SWP: Skulk Weights Publisher
SWP: Skulk Weights Publisher publishes model weights for Skulk clusters. It handles three distinct artifact types:
LARQL vindexes — LARQL decompiles transformer weights into a queryable vindex format so Skulk does not have to keep every weight resident in expensive GPU memory. CPU/high-memory LARQL servers host the feed-forward and expert weights while GPU nodes handle the latency-sensitive attention path.
MTP sidecars — Models with native multi-token prediction heads (Qwen3,
DeepSeek V3/R1, and others that expose mtp.* tensor keys) need those heads
published separately. Standard quantization pipelines strip MTP tensors. SWP
re-extracts them from the original BF16 checkpoint and uploads them at full
precision (bf16, unquantized) as mtp.safetensors to a dedicated repo — one
sidecar per base model, shared across every quantization of it — so Skulk can
use speculative decoding.
Vision sidecars — mlx-community VLM quants frequently omit the vision encoder, leaving the vision weights to live in a third-party repository. SWP mirrors those encoder weights byte-for-byte into a Foxlight-owned repo so the multimodal path has no external dependency. See the Vision sidecar guide.
Not every model embeds MTP heads. Gemma 4, for example, ships a separate
companion {model}-assistant drafter model for speculative decoding rather
than mtp.* tensors. SWP detects this pattern and records the pairing in the
catalog — no tensor extraction is needed. See the
Gemma 4 assistant guide.
Every real publish also uploads a self-describing README.md model card: the
source model's license is inherited unchanged, with a Foxlight provenance block
pinning the exact source SHA, plus usage notes. Each artifact is filed into its
per-artifact-type Hugging Face collection (Vindexes, MTP Sidecars, or Vision
Sidecars).
SWP keeps the list of models Skulk wants, validates how each one should be extracted and sliced or quantized, shows the exact commands that will run, and executes the publish workflow from a configured runner.
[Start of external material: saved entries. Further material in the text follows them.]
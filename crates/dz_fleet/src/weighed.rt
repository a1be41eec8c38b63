//! Transfers that were weighed.

ghost use Rattle.std.specs.Prelude.{◌≡◌, Some, false, is_some, IfSome, IfOk, option_map};
ghost use Rattle.std.specs.Arc.{arc_value};
ghost use Rattle.dz_fleet.specs.Weighing.{Weighing};
ghost use Rattle.dz_fleet.specs.inner.Renewing.{renewed_by, written_by, IsStep};

use crate::waiting::Waiting;
use dz_history::{Entry, Holdings, Step};
use dz_job::Verdict;
use dz_table::Table;
use std::alloc::AllocError;
use std::marker::Model;
use std::snapshot::Snapshot;
use std::sync::Arc;

/// What holds afterwards, completed when the transfer was weighed: the same; other holdings; or other holdings and what
/// their zones wait for.
#[derive(Drop)]
pub(crate) enum Renewal {
    Same,
    Taken(Holdings),
    Relisted(Holdings, Waiting),
}

/// A transfer that was weighed: its verdict, and all the memory that its taking needs.
#[derive(Drop)]
pub struct Weighed {
    pub(crate) step: Option<Step>,
    pub(crate) entry: Snapshot<Entry>,
    pub(crate) moment: u64,
    pub(crate) verdict: Verdict,
    pub(crate) renewal: Renewal,
}

impl Model for Weighed {
    ghost use Rattle.std.specs.Prelude.{is_some};
    ghost use Rattle.dz_fleet.specs.Weighing.{Weighing};
    ghost use Rattle.dz_fleet.specs.inner.Renewing.{renewed_by, written_by, IsStep};

    ghost Value = { Weighing };

    ghost view = { λ w. record {
      entry = w.entry.value;
      moment = w.moment;
      verdict = w.verdict;
      renewed = renewed_by w.renewal;
      values = written_by w.renewal;
      is_there = is_some w.step;
    } };

    ghost invariant = { λ w. IsStep w.step w.entry.value (renewed_by w.renewal) };
}

impl Weighed {
    /// What was weighed, with the step that takes it where something is renewed.
    pub(crate) fn new(
        entry: Entry,
        moment: u64,
        verdict: Verdict,
        renewal: Renewal,
    ) -> Result<Weighed, AllocError>
        ensures { IfOk result (λ w. w ≡ record {
          entry = entry;
          moment = moment;
          verdict = verdict;
          renewed = renewed_by renewal;
          values = written_by renewal;
          is_there = is_some (renewed_by renewal);
        }) }
    {
        let kept = Snapshot::of(&entry);
        let step = match table_of(&renewal)? {
            None => None,
            Some(table) => Some(Step { entry, table }),
        };
        Ok(Weighed {
            step,
            entry: kept,
            moment,
            verdict,
            renewal,
        })
    }

    /// The verdict.
    pub fn verdict(&self) -> &Verdict
        ensures { result.now ≡ self.now.verdict }
    {
        &self.verdict
    }

    /// Hands out the step, once: it is there where the transfer is taken.
    pub fn take_step(&mut self) -> Option<Step>
        ensures there { is_some result ≡ self.old.is_there }
        ensures entry { IfSome result (λ step. step.entry ≡ self.old.entry) }
        ensures table { IfSome result
            (λ step. option_map (λ r. r.state.table) self.old.renewed
            ≡ Some (arc_value step.table)) }
        ensures rest { self.new ≡ record self.old { is_there = false } }
    {
        self.step.take()
    }

    /// The entry, the moment of its end in seconds, the verdict, and what holds afterwards.
    pub(crate) fn into_parts(self) -> (Snapshot<Entry>, u64, Verdict, Renewal)
        ensures entry { result.0.value ≡ self.entry }
        ensures moment { result.1 ≡ self.moment }
        ensures verdict { result.2 ≡ self.verdict }
        ensures renewed { renewed_by result.3 ≡ self.renewed }
        ensures values { written_by result.3 ≡ self.values }
    {
        (self.entry, self.moment, self.verdict, self.renewal)
    }
}

/// The table afterwards, shared; none where it is the same. `AllocError` where memory runs out.
fn table_of(renewal: &Renewal) -> Result<Option<Arc<Table>>, AllocError>
    ensures { IfOk result (λ table. option_map arc_value table
        ≡ option_map (λ r. r.state.table) (renewed_by renewal.now)) }
{
    match renewal {
        Renewal::Same => Ok(None),
        Renewal::Taken(holdings) => Ok(Some(Arc::try_clone(holdings.table())?)),
        Renewal::Relisted(holdings, _) => Ok(Some(Arc::try_clone(holdings.table())?)),
    }
}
The Foxlight catalog is built in. You can use it immediately, or add your own
operator catalog with skulk-weights.yaml. The merged catalog uses namespaced
keys such as foxlight/gemma-3-4b-full-q4-k and my-org/my-model-full-q4-k
so shared Foxlight entries and local operator entries remain distinct.
New to Skulk and LARQL? Read How Skulk Works before the quickstart. It explains the cluster architecture, what vindexes are, what MTP sidecars are for, and why the publisher exists.
What is LARQL?
LARQL treats a model as a database. It decompiles transformer weights into a
queryable format and exposes LQL, the Lazarus Query Language, for browsing,
editing, running inference against, and recompiling model knowledge. In this
project, we use LARQL through larql extract to create vindexes and
larql publish to upload the full and expert-server forms that Skulk can place
on the right machines.
What is a vindex?
A vindex, short for vector index, is LARQL's on-disk representation of a model. It is a directory of memory-mapped files where transformer weights have been reorganized for queryability: gate vectors become a nearest-neighbor index, embeddings become token lookups, and down projections become edge labels. Because the weights are in this structured form, LARQL can serve FFN and expert weights from CPU/high-memory nodes instead of requiring every weight-serving machine to be a GPU inference node.
What is an MTP sidecar?
Multi-token prediction is a training technique where a model learns to predict
several future tokens simultaneously rather than one at a time. Models trained
this way expose native MTP heads as tensors with mtp.* keys in their
checkpoint. At inference time Skulk can use these heads for speculative
decoding — drafting multiple tokens in one forward pass and verifying them —
which substantially increases throughput with no accuracy loss.
Standard quantization pipelines strip MTP tensors to reduce download size.
SWP's MTP pipeline re-extracts those tensors from the original BF16 checkpoint
and publishes them at full precision (bf16, unquantized) as mtp.safetensors to
a separate Hugging Face repo — one sidecar per base model, shared across every
quantization of it. The vindex and the MTP sidecar are versioned
independently so each can be updated or replaced without disturbing the other.
Why do this?
Weight publication is expensive and easy to get wrong. Bad commands can write
hundreds of gigabytes to the wrong path, publish under the wrong Hugging Face
repository name, or silently skip MTP heads that a model needs for speculative
decoding. SWP makes publication repeatable: the catalog records the exact source,
quantization, slice mode, and target for each artifact; --dry-run shows the
full plan before anything is extracted or uploaded; and the GitHub Actions
workflow validates every catalog entry on every pull request.